Is the instruction "mov.b32 {r,g,b,a},%r1;" even supported??

Hey experts!

I am having trouble with splitting an integer into 4 uint8_ts.

I can’t seem to get this to work. It just says Arguments mismatch for instruction ‘mov’ but I can’t find the constraint character for a uint8_t or b8.

U32 t = 0x00112233;
U32 a, b, c, d;
asm("mov.b32 {%0,%1,%2,%3}, %4; " : "=r"(a), "=r"(b), "=r"(c), "=r"(d) : "r"(t));

Any thoughts?

See: [url]Missing CUDA inline PTX constraint letter for 8 bit variables in order to disable L1 cache for 8 bit variable (bool) - Stack Overflow

If you provided a little context about what you’re trying to do I could probably suggest a way around the ptx limitation.

For example, you could use bfe (bit field extract) to unpack each element into integer values (this is likely what the mov instruction would get converted to anyway if it worked since you don’t need sign extension.)

Or you could look at the scalar video instructions (vmad, vadd, vabsdiff, etc) and perhaps do what you need to do in place.

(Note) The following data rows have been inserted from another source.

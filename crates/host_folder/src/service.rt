//! The service manager of a root, whose state is kept once it was read.
ghost use Rattle.std.specs.Prelude.{◌≡◌, ◌++◌, codes, IfOk};

use crate::folders::Folders;
use host_files::ManagerFile;
use host_trait::{Act, Leaf, States, loaded_text};
use manager_core::WrittenState;
use std::alloc::{AllocError, Global};
use std::io;
use std::rt::Files;
use switch_names::{Text, UnitName};

/// The manager's state, where it is known: not before it is read, and not after a call that has failed.
pub struct Service {
    file: ManagerFile,
    state: Option<WrittenState>,
}

/// One call: a derived drop is proved anew in each function that lets one go.
impl Drop for Service {
    fn drop(self) {
        let Service { file: _, state: _ } = self;
    }
}

impl Service {
    /// A manager below a root, of which nothing is known yet.
    pub fn new(alloc: Global, root: &str) -> Result<Service, AllocError>
        ensures { IfOk result (λ service. service.file.place ≡ root.now ++ codes "/manager") }
    {
        Ok(Service {
            file: ManagerFile::new(alloc, root)?,
            state: None,
        })
    }

    /// The manager's state, which is read where it isn't known. From here on it isn't.
    fn take<R: Files>(&mut self, rt: &R, alloc: Global) -> io::Result<WrittenState> {
        match self.state.take() {
            Some(state) => Ok(state),
            None => self.file.read(rt, alloc),
        }
    }

    /// Writes the state that a call has led to below the root of a tree. From here on it is known.
    fn put<R: Files>(
        &mut self,
        rt: &R,
        alloc: Global,
        tree: &mut Folders,
        state: WrittenState,
    ) -> io::Result<()> {
        let syncing = tree.syncing();
        let root = tree.changing_root(alloc)?;
        self.file.write(rt, root, &state, syncing)?;
        self.state = Some(state);
        Ok(())
    }

    /// The states of the units below the root of a tree.
    pub fn units<R: Files>(&mut self, rt: &R, alloc: Global, tree: &Folders) -> io::Result<States> {
        tree.root()?;
        let state = self.take(rt, alloc)?;
        let states = state.state().states.copy(alloc);
        self.state = Some(state);
        Ok(states?)
    }

    /// Where the definitions lie that the manager below the root of a tree has loaded.
    pub fn loaded<R: Files>(&mut self, rt: &R, alloc: Global, tree: &Folders) -> io::Result<Text> {
        tree.root()?;
        let state = self.take(rt, alloc)?;
        let loaded = state.state().loaded.copy(alloc);
        self.state = Some(state);
        Ok(loaded?)
    }

    /// Does something to a unit below the root of a tree.
    pub fn perform<R: Files>(
        &mut self,
        rt: &R,
        alloc: Global,
        tree: &mut Folders,
        act: Act,
        unit: &UnitName,
    ) -> io::Result<()> {
        tree.root()?;
        let state = self.take(rt, alloc)?.act(alloc, act, unit)?;
        self.put(rt, alloc, tree, state)
    }

    /// Loads the definitions to which a leaf leads, below the root of a tree.
    pub fn load<R: Files>(
        &mut self,
        rt: &R,
        alloc: Global,
        tree: &mut Folders,
        definitions: Option<&Leaf>,
    ) -> io::Result<()> {
        tree.root()?;
        let loaded = loaded_text(alloc, definitions)?;
        let state = self.take(rt, alloc)?.load(alloc, &loaded)?;
        self.put(rt, alloc, tree, state)
    }
}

Instead of using the video instructions at PTX level, I would suggest using CUDA’s SIMD intrinsics instead, otherwise you could find yourself in a world of hurt when working on a non-Kepler platform.

I think the scalar video ptx instructions are fine. It’s the SIMD video instructions you want to avoid (vadd2, vadd4, etc). Maxwell and Pascal have native support for VADD, VMAD, VABSDIFF, VMNMX, and VSET.

And of course sm_61 now has the dp4a and dp2a instructions as well.

Since it seemed to me that the OP was interested in packed-byte operation I assumed interest would be in the SIMD video instructions. When or where are the scalar video instructions useful, in your experience? I have never had a need to use them, nor did I come across a customer use case where these seemed beneficial.

The utility of the SIMD video instructions for various image processing and bioscience applications is immediately obvious, and I wasn’t happy when I learned that NVIDIA decided to largely rip them out post Kepler (I think support for byte-wise absolute differences was retained).

For just re-interpreting the data in two different ways, a union of ‘unsigned int’ and ‘uchar4’ should work well enough, I don’t see the need to drop to PTX inline assembly for that.

njuffa’s point about the union is a good way to avoid having to use explicit bfe instructions. Just let the compiler work that out for you. My thinking tends to be biased to the low level implementation side of things.

As far as scalar video instructions… they can be handy for doing things in fixed point math. But vmad is actually pretty useful for multiplying two integers when you know the operands are within 16 bits. On Maxwell/Pascal The compiler typically generates at least 3 XMADs for an integer multiple of any integer data types. You can use something like this to get that down to a single instruction and reduced register pressure:

__device__ __forceinline__ int mad16(int a, int b, int c)
{
    int res;
    asm("vmad.s32.u32.u32 %0, %1.h0, %2.h0, %3;" : "=r"(res) : "r"(a), "r"(b), "r"(c));
    return res;
}

It would be nice if the compiler were a little smarter about using the minimal number of XMADs for integer multiplies of various data types.

Thanks for the insight into the utility of scalar video instructions.

The number of integer multiply variants (at PTX level) that need to be emulated by XMAD sequences on Maxwell and following architectures is quite high, around twenty if I recall correctly. For wider data types, one can usually construct multiple variants with different throughput, latency, and register pressure making it difficult to pick one that is “optimal”.

Although I was not directly involved, as I had grown tired of cooking up emulation sequences, I am under the impression that considerable effort went into the construction of fast integer multiply emulation code for Maxwell, which however does not mean better code cannot be found. Optimization is very much an iterative process, with additional improvements possible at each iteration.

If you know of any emulation sequences that appear particularly deficient, or have ideas for improved variants, I would suggest filing RFEs to get those improvements into PTXAS for future versions of CUDA.

I basically just want variants of these two (the first can be achieved with vmad):

signed and unsigned 16bit * 16bit:

XMAD.U16.U16 d, a, b, c;
XMAD.S16.S16 d, a, b, c;

signed and unsigned 16bit (a) * 32bit (b):

XMAD.U16.U16     d, a, b,    c;
XMAD.U16.U16.PSL d, a, b.H1, d;

XMAD.S16.S16     d, a, b,    c;
XMAD.S16.S16.PSL d, a, b.H1, d;

This second one is particularly handy for pointer offset arithmetic. It requires no additional registers and is 1 instruction shorter than the standard 3 instructions used.